Was not even looking! But The opprtinity was there so I jumped.


----------



## Hjrhinehart (Feb 28, 2013)

A pick! It is in long beach. If anyone would like to show me how to sail it I would be gratefully.


----------



## Hjrhinehart (Feb 28, 2013)

Boat


----------



## Hjrhinehart (Feb 28, 2013)

Picks not loading sorry!


----------



## DonScribner (Jan 9, 2011)

HJ,

Often, there is nothing more expensive than a free boat! Or, you may have gotten the deal of a life time. Pick up a checklist on what to check out when buying a boat. The guys here will be more than happy to deluge you with advice, mostly good and all well meant. But a concise list of showstoppers would help you out. And, it the boat is worthy of a little elbow grease and investment, start the adventure of a life time! I would leave JR with the in-laws for a season or two. If you can afford it, take some lesson ASA 101 for starters. At very least, Sailing for Dummies is good and watch sailing videos like crazy. Also, don't leave the harbor without a course/certification in Sailing and Seamanship from the local power squadron. Too many idiots out there, and some of them sail. Other than that, make sure the kids grow up on the water. I missed that target, started too late. Looks like you're right on time.

Regards,

Don


----------



## chuck53 (Oct 13, 2009)

I don't know about California, but most states require you take a boating safety class. Even if it's not required, I strongly suggest taking one and follow up with a sailing and seamanship class. Check with both the Coast Guard Aux and the US Power Squadron for available classes.
For sure, you need someone to show you the ropes of boating/sailing. Do you have any boating savvy friends to help?
Where are you keeping the boat? trailer, mooring, marina?


----------



## Hjrhinehart (Feb 28, 2013)

I am in a slip right know! I know that some work need to be done. Rubber needs to be replaced. It has a motor! Sails are good!


----------



## Hjrhinehart (Feb 28, 2013)

No friends to help!


----------



## chuck53 (Oct 13, 2009)

what rubber? What kind of motor?
If you are in a marina, they may require you to have insurance coverage. Better check that out as you may have to get an insurance survey before you can get coverage.
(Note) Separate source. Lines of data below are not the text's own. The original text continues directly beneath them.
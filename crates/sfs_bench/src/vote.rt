//! Votes of a memory node on a disk in memory: single writes for two numbers of them, and a read of 8 KiB
//! beside a copy of as many bytes.

ghost use Rattle.std.specs.Prelude.{◌≡◌, ◌∷◌, [], IfOk};
ghost use Rattle.sfs_bench.specs.Fixture.{lone, AreFitItems, IsAsked};
ghost use Rattle.mem_node.specs.Node.{setup_of};

use disk_model::{Calls, Disk, PlanDisk};
use mem_node::{MemNode, NodeFault, Setup};
use mini_tx::{
    Actor, Bytes, Geometry4, Item, Message, NoMemory, Numbers, Placed, PlacedItem, TxId, Vote,
};
use std::alloc::Global;
use std::io;
use std::rt::Clock;
use std::time::{Duration, Instant};

/// How often a read is voted on.
const ROUNDS: u32 = 20_000;

/// How many writes are voted on.
const COUNTS: [u32; 2] = [10_000, 20_000];

/// What a write item writes.
const WRITTEN: [u8; 100] = [7; 100];

/// Where it writes: into the block.
const WRITTEN_AT: u32 = 12_288;

/// How many bytes a read item reads.
const READ_BYTES: usize = 8_192;

/// The one memory node of the smallest cluster.
const SETUP: Setup = Setup {
    geometry: Geometry4 {
        nodes: 1,
        memories: 1,
        blocks: 1,
        inodes: 1,
    },
    index: 0,
};

/// Times the writes for each number of them, and the read.
pub fn run<R: Print + Clock + AllocGlobal>(rt: &R) -> io::Result<()> {
    for count in COUNTS {
        time_writes(rt, count)?;
    }
    time_copy(rt)?;
    time_reads(rt)
}

fn time_writes<R: Print + Clock + AllocGlobal>(rt: &R, count: u32) -> io::Result<()> {
    let mut node = loaded(rt.alloc()).map_err(refused)?;
    let start = Instant::now(rt)?;
    vote_on_writes(rt.alloc(), &mut node, count).map_err(refused)?;
    let took = start.elapsed(rt)?;
    println!(rt; "vote_{count} {} {count} {count}", took.as_nanos())
}

fn time_copy<R: Print + Clock + AllocGlobal>(rt: &R) -> io::Result<()> {
    let mut bytes = Vec::from_elem(rt.alloc(), 7, READ_BYTES)?;
    let mut copied = Vec::from_elem(rt.alloc(), 0, READ_BYTES)?;
    let mut sum = 0u64;
    let start = Instant::now(rt)?;
    for round in 0..ROUNDS {
        copy_bytes(&bytes, &mut copied);
        let at = (round % READ_BYTES as u32) as usize;
        if let (Some(from), Some(into)) = (bytes.get_mut(at), copied.get(at)) {
            sum = sum.wrapping_add(u64::from(*into));
            *from = (round % 256) as u8;
        }
    }
    report(rt, "copy_of_read_bytes", start.elapsed(rt)?, sum)
}

fn time_reads<R: Print + Clock + AllocGlobal>(rt: &R) -> io::Result<()> {
    let mut node = loaded(rt.alloc()).map_err(refused)?;
    let message = prepare(rt.alloc(), 1, read_item())
        .map_err(NodeFault::from)
        .map_err(refused)?;
    let start = Instant::now(rt)?;
    let sum = vote_on_reads(&mut node, &message).map_err(refused)?;
    report(rt, "vote_on_a_read", start.elapsed(rt)?, sum)
}

/// The memory node of a disk that was just formatted.
fn loaded(alloc: Global) -> Result<MemNode<PlanDisk>, NodeFault>
    ensures { IfOk result (λ node. setup_of node ≡ lone) }
{
    let mut disk = PlanDisk::new(alloc, Calls::new(alloc));
    MemNode::format(alloc, &mut disk, SETUP)?;
    match MemNode::load(alloc, disk, SETUP) {
        Ok(node) => Ok(node),
        Err((fault, _disk)) => Err(fault),
    }
}

/// Votes on so many writes, each under an identifier of its own.
fn vote_on_writes<D: Disk>(
    alloc: Global,
    node: &mut MemNode<D>,
    count: u32,
) -> Result<(), NodeFault>
    requires { setup_of node.old ≡ lone }
{
    for seq in 0..count {
        let message = prepare(alloc, u64::from(seq) + 1, write_item(alloc)?)?;
        vote(node, &message)?;
    }
    Ok(())
}

/// Votes on a read so many times; the sum of the bytes that were read.
fn vote_on_reads<D: Disk>(node: &mut MemNode<D>, message: &Message) -> Result<u64, NodeFault>
    requires setup { setup_of node.old ≡ lone }
    requires fit { IsAsked message.now }
{
    let mut sum = 0u64;
    for _round in 0..ROUNDS {
        let answer = vote(node, message)?;
        sum = sum.wrapping_add(bytes_read(&answer));
    }
    Ok(sum)
}

/// The answer to a prepare.
fn vote<D: Disk>(node: &mut MemNode<D>, message: &Message) -> Result<Option<Message>, NodeFault>
    requires setup { setup_of node.old ≡ lone }
    requires fit { IsAsked message.now }
    ensures { setup_of node.new ≡ lone }
{
    node.handle(Actor::Node(0), message)
}

/// The prepare of one item.
fn prepare(alloc: Global, seq: u64, item: Item) -> Result<Message, NoMemory>
    requires { AreFitItems (record { place = 0; item = item } ∷ []) }
    ensures { IfOk result IsAsked }
{
    let mut items = Placed::new(alloc);
    items.push(PlacedItem { place: 0, item })?;
    Ok(Message::Prepare {
        id: TxId {
            coord: 0,
            boot: 1,
            seq,
        },
        participants: Numbers::from_slice(alloc, &[0])?,
        items,
    })
}

/// The write item.
fn write_item(alloc: Global) -> Result<Item, NoMemory>
    ensures { IfOk result (λ item. AreFitItems (record { place = 0; item = item } ∷ [])) }
{
    Ok(Item::Write {
        memory: 0,
        at: WRITTEN_AT,
        bytes: Bytes::from_slice(alloc, &WRITTEN)?,
    })
}

/// The read item.
fn read_item() -> Item
    ensures { AreFitItems (record { place = 0; item = result } ∷ []) }
{
    Item::Read {
        memory: 0,
        at: 0,
        length: READ_BYTES as u32,
    }
}

/// How many bytes were read.
fn bytes_read(answer: &Option<Message>) -> u64 {
    match answer {
        Some(
            Message::Voted {
                vote: Vote::Granted(reads),
                ..
            },
        ) => match reads.as_slice().first() {
            Some(bytes) => bytes.len() as u64,
            None => 0,
        },
        _ => 0,
    }
}

// Prints the line of a call.
fn report<R: Print + Clock>(rt: &R, name: &str, took: Duration, sum: u64) -> io::Result<()> {
    println!(rt; "{name} {} {ROUNDS} {sum}", took.as_nanos())
}

fn refused(_fault: NodeFault) -> io::Error {
    io::Error::other("a memory node was refused")
}

#[inline(never)]
fn copy_bytes(from: &[u8], into: &mut [u8]) {
    if from.len() == into.len() {
        into.copy_from_slice(from);
    }
}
If you do, that will cost you more than the cost of the boat.


----------



## Hjrhinehart (Feb 28, 2013)

Pick


----------



## chuck53 (Oct 13, 2009)

Hjrhinehart said:


> Pick


?????


----------



## Hjrhinehart (Feb 28, 2013)

Am having trouble with loading picks! Insurance is 100 a year. I did notice some fibres glass that needs work. The rubber I am talking about goes around the bout. U have a good pitcher but won't load. An not sure about motor.


----------



## chuck53 (Oct 13, 2009)

The rubber is called a rub rail.


----------



## Hjrhinehart (Feb 28, 2013)

Photo


----------



## Hjrhinehart (Feb 28, 2013)

Thank everybody for the help! Kept it coming


----------



## chuck53 (Oct 13, 2009)

To keep the help coming, we need more info on the boat.


----------



## Hjrhinehart (Feb 28, 2013)

I know I will try to up load more photos! I am having proems with that. I will know more Monday when I pick up the papers!


----------



## Joellen (Feb 14, 2013)

New to Sailnet trying to get advice from cruising couples about waste tank sizes and also stoves , alcohol or propane


----------



## chuck53 (Oct 13, 2009)

Joellen said:


> New to Sailnet trying to get advice from cruising couples about waste tank sizes and also stoves , alcohol or propane


Not giving you a hard time on this, but you really should start your own thread on this topic.


----------



## jlaprad (Feb 27, 2013)

You know what BOAT stands for?, bust out another thousand.


----------



## jimgo (Sep 12, 2011)

JoEllen, I agree with Chuck - start your own thread, you'll get lots of good feedback. Also, consider searching the site, there are many good threads on those topics.

To the OP, take your time, slow down. There's a great article here on Sailnet and another over at the Catalina 25 owner's site that talk about how to self-assess a sailboat. Read both of those 4 or 5 times, and familiarize yourself with all of the terminology in all of them. The Catalina one won't deal specifically with your boat, but it's full of good information that easily translates to your boat. Then head over to your boat and go through the checklists. Take lots of pictures, and post them at a site like Photobucket, or in the galleries here, and update this thread so we know where to look. Then we can start focusing you on the things that NEED work, the things that should be attended to, the things that can really be put off, and the things that you won't have to worry about for a while.

As for sailing, sailing for dummies is a great way to start. There are tons of videos online, too. And, best of all, the Sailnet site has an Articles section that includes descriptions of sailing techniques.

So, for starters, does the engine work? If it is an outboard, when it's started, does water stream out the back? If so, that's a good start - that's cooling water that is circulated through the engine (NEVER start the engine out of the water - it NEEDS that water to cool and lubricate some of the parts). What manufacturer and horsepower is it (or, even better, what model number is it)?

Welcome aboard!


----------



## Pram Princess (Feb 9, 2012)

Welcome to your new sailboat.... what an adventure you have begun.....


----------



## rgscpat (Aug 1, 2010)

Some of the basic boating safety classes are free or very nominal in cost.

One of the best things you can do is to start meeting sailors, bumming rides on their boats, going to the social events of sailing groups, etc. Not all of their advice will be right and not all of their stories will be strictly un-embellished -- but on balance there are great resources out there. 

@ Joellen -- yes, do start a new thread, and it will help if you can give people some specifics about the boat, how you will use it, and how that relates to the equipment (stoves etc.) you want to talk about.


----------



## Hjrhinehart (Feb 28, 2013)

So I found out more about the boat. It is a cal 25 Jensen built in the 60s. Not sure what year yet! It had a 9.9 horse Jonson moter. She says it is ready to go out right know. Needs new battery, wiring needy to be replaced(she says it work fine), has both sails that look good to me. Notices some small craks in paint on too by the door. Also on the back where the moter is the hand rail is pushed though not all the way just the 3 screws that hold it down. Needs some new set covers. Not sure what eles to look for. I have only been on small fishing boats. Goin to try to upload some new pitchers.


----------



## Hjrhinehart (Feb 28, 2013)

Here is one


----------